[Saved entries]
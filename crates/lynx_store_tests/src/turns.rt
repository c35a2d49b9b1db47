//! A turn of several steps that are settled together, with a stop at each call of its store, one
//! after another: three begins, of which one is refused and one clashes, and two messages.
use crate::disks::{Disks, blank_disks, come_back, disks_of, open};
use crate::torn::holding;
use lynx_entry::{Answer, Delivered, Message};
use lynx_fixtures::cells::{Cell, are_cells};
use lynx_fixtures::made::{request, server};
use lynx_fixtures::parts::RequestParts;
use lynx_fixtures::texts::set_of;
use lynx_keep::{BatchKeeper, Keeper, MemoryKeeper};
use lynx_names::{Memory, ServerId, Stamp};
use lynx_resting::Resting;
use lynx_server::Server;
use sqlite::Files;
use std::alloc::Global;
use std::test::Fail;

/// Payments from server 0 to server 1, and back.
const BOTH_WAYS: &str =
    "lynx 1\nservers 2\ntable acct\nshard 0 999 0\nshard 1000 18446744073709551615 1\nprogram seed n\nhop 0\nadd acct 0 n\nend\nprogram pay n\nhop 0\nget x acct 0\nneed x >= n\nsub acct 0 n\nhop 1\nadd acct 1000 n\nend\nprogram back n\nhop 1\nadd acct 1000 n\nhop 0\nadd acct 0 n\nend\n";

const SEEDED: RequestParts = RequestParts {
    client: 1,
    number: 1,
    program: 0,
    args: &[100],
};

/// What the turn asks: a payment, one that is too large, and another request under a number that
/// was used.
const PAID: RequestParts = RequestParts {
    number: 2,
    program: 1,
    args: &[30],
    ..SEEDED
};

const TOO_LARGE: RequestParts = RequestParts {
    number: 3,
    program: 1,
    args: &[1_000],
    ..SEEDED
};

const CLASHING: RequestParts = RequestParts {
    args: &[7],
    ..SEEDED
};

/// What comes back from server 1.
const BACK: [RequestParts; 2] = [
    RequestParts {
        client: 2,
        number: 1,
        program: 2,
        args: &[5],
    },
    RequestParts {
        client: 2,
        number: 2,
        program: 2,
        args: &[6],
    },
];

/// What the store holds before the turn, and after it: 100 - 30 + 5 + 6.
const BEFORE: (usize, &[Cell]) = (1, &[(0, 0, 100)]);

const AFTER: (usize, &[Cell]) = (5, &[(0, 0, 81)]);

/// The messages of two payments back.
fn messages(alloc: Global) -> Result<Vec<Message>, Memory> {
    let set = set_of(alloc, BOTH_WAYS)?;
    let Ok(mut sender) = Server::open(alloc, &set, server(1)?, MemoryKeeper::new(alloc)) else {
        return Err(Memory);
    };
    let mut messages = Vec::new(alloc);
    for (place, asked) in BACK.into_iter().enumerate() {
        let _ = sender.begin(alloc, request(alloc, asked)?, Stamp::zero());
        if let Some((_, message)) = sender.messages_due(alloc, place as u64)? {
            messages.push(message)?;
        }
    }
    Ok(messages)
}

/// The server over that keeper. None where it doesn't open.
fn opened<K: Keeper + Drop>(alloc: Global, keeper: K) -> Result<Option<Server<K>>, Memory> {
    let set = set_of(alloc, BOTH_WAYS)?;
    Ok(Server::open(alloc, &set, ServerId::first(), keeper).ok())
}

/// The files of server 0's store after the seed, whose log passes so many calls on, and whose
/// database so many.
fn seeded_disks(alloc: Global, log: u64, db: u64) -> Result<Disks, Memory> {
    let set = set_of(alloc, BOTH_WAYS)?;
    let lasting = blank_disks(alloc, u64::MAX, u64::MAX);
    let Ok(keeper) = open(alloc, lasting, &set, ServerId::first()) else {
        return Err(Memory);
    };
    let Some(mut server) = opened(alloc, keeper)? else {
        return Err(Memory);
    };
    let _ = server.begin(alloc, request(alloc, SEEDED)?, Stamp::zero());
    let made = disks_of(server.into_keeper());
    Ok(Files {
        log: holding(alloc, made.log.inner().bytes(), log)?,
        db: holding(alloc, made.db.inner().bytes(), db)?,
    })
}

/// Makes the steps of the turn. Whether each came to what it should.
fn takes_turn<K: BatchKeeper>(alloc: Global, resting: &mut Resting<K>) -> Result<bool, Memory> {
    let paid = resting.begin(alloc, request(alloc, PAID)?, Stamp::zero());
    let refused = resting.begin(alloc, request(alloc, TOO_LARGE)?, Stamp::zero());
    let clash = resting.begin(alloc, request(alloc, CLASHING)?, Stamp::zero());
    let mut are_done = true;
    for message in messages(alloc)? {
        let delivered = resting.deliver(alloc, message);
        are_done = are_done && matches!(delivered, Delivered::Done { .. });
    }
    Ok(
        are_done
            && matches!(paid, Answer::Begun { .. })
            && matches!(refused, Answer::Refused { .. })
            && matches!(clash, Answer::Clash),
    )
}

/// What is read of the server is this much, and no more.
fn shows<K: BatchKeeper>(resting: &Resting<K>, settled: usize) -> bool {
    resting.settled().len() == settled && resting.mark().settled() == settled
}

/// The turn over a keeper: whether it told that it settled, and whether nothing was to be seen of
/// it before. None where the server doesn't open.
fn turn_over<K: BatchKeeper + Drop>(
    alloc: Global,
    keeper: K,
) -> Result<Option<(bool, bool, K)>, Memory> {
    let Some(server) = opened(alloc, keeper)? else {
        return Ok(None);
    };
    let mut resting = Resting::new(alloc, server);
    let is_hidden = takes_turn(alloc, &mut resting)? && shows(&resting, BEFORE.0);
    let is_settled = resting.settle(alloc);
    let shown = if is_settled { AFTER.0 } else { BEFORE.0 };
    let is_right = is_hidden
        && shows(&resting, shown)
        && resting.mark().is_stopped() == !is_settled;
    Ok(Some((is_settled, is_right, resting.into_keeper())))
}

/// Whether a store holds just that.
fn holds(alloc: Global, disks: Disks, want: (usize, &[Cell])) -> Result<bool, Memory> {
    let set = set_of(alloc, BOTH_WAYS)?;
    let Ok(mut keeper) = open(alloc, disks, &set, ServerId::first()) else {
        return Ok(false);
    };
    let Ok(loaded) = keeper.load(alloc) else {
        return Ok(false);
    };
    let cells = loaded.cells.list(alloc)?;
    Ok(loaded.entries.len() == want.0 && are_cells(cells.as_slice(), want.1))
}

/// What comes of a stop at that call: whether the machine did stop, and whether all is right: the
/// store holds the whole turn where that was told, and else that or nothing of it.
fn survive(alloc: Global, log: u64, db: u64) -> Result<(bool, bool), Memory> {
    let set = set_of(alloc, BOTH_WAYS)?;
    let keeper = match open(
        alloc,
        seeded_disks(alloc, log, db)?,
        &set,
        ServerId::first(),
    ) {
        Ok(keeper) => keeper,
        Err(left) => {
            let (_, left) = come_back(left);
            return Ok((true, holds(alloc, left, BEFORE)?));
        }
    };
    let Some((is_settled, is_right, keeper)) = turn_over(alloc, keeper)? else {
        return Ok((true, true));
    };
    let (has_stopped, left) = come_back(disks_of(keeper));
    let survives = holds_either(alloc, left, is_settled)?;
    Ok((has_stopped || !is_settled, is_right && survives))
}

/// Whether the store holds the whole turn, or where that wasn't told, nothing of it.
fn holds_either(alloc: Global, disks: Disks, is_settled: bool) -> Result<bool, Memory> {
    let bytes = Files {
        log: holding(alloc, disks.log.inner().bytes(), u64::MAX)?,
        db: holding(alloc, disks.db.inner().bytes(), u64::MAX)?,
    };
    if holds(alloc, bytes, AFTER)? {
        return Ok(true);
    }
    Ok(!is_settled && holds(alloc, disks, BEFORE)?)
}

/// How many stops a turn meets at the calls of the log, or of the database. None where the store
/// doesn't survive one.
fn stops(alloc: Global, of_log: bool) -> Result<Option<u64>, Memory> {
    for calls in 0..1000u64 {
        let (log, db) = if of_log {
            (calls, u64::MAX)
        } else {
            (u64::MAX, calls)
        };
        let (stopped, is_right) = survive(alloc, log, db)?;
        if !is_right {
            return Ok(None);
        }
        if !stopped {
            return Ok(Some(calls));
        }
    }
    Ok(None)
}

#[test]
fn each_stop_of_a_turn_is_survived(rt: HostRuntime) -> Result<(), Fail> {
    for (of_log, least) in [(true, 4), (false, 1)] {
        let stops = stops(rt.alloc(), of_log)?.unwrap_or(0);
        assert!(rt; stops >= least, "{of_log}: {stops} stops");
    }
    Ok(())
}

▶ _THE PROBLEM_: If a line of the records includes the string "that", copy it out.

▶ _ANSWER TO THE PROBLEM_:
//! A turn of several steps that are settled together, with a stop at each call of its store, one
/// What the turn asks: a payment, one that is too large, and another request under a number that
/// The server over that keeper. None where it doesn't open.
/// The turn over a keeper: whether it told that it settled, and whether nothing was to be seen of
/// Whether a store holds just that.
/// What comes of a stop at that call: whether the machine did stop, and whether all is right: the
/// store holds the whole turn where that was told, and else that or nothing of it.
/// Whether the store holds the whole turn, or where that wasn't told, nothing of it.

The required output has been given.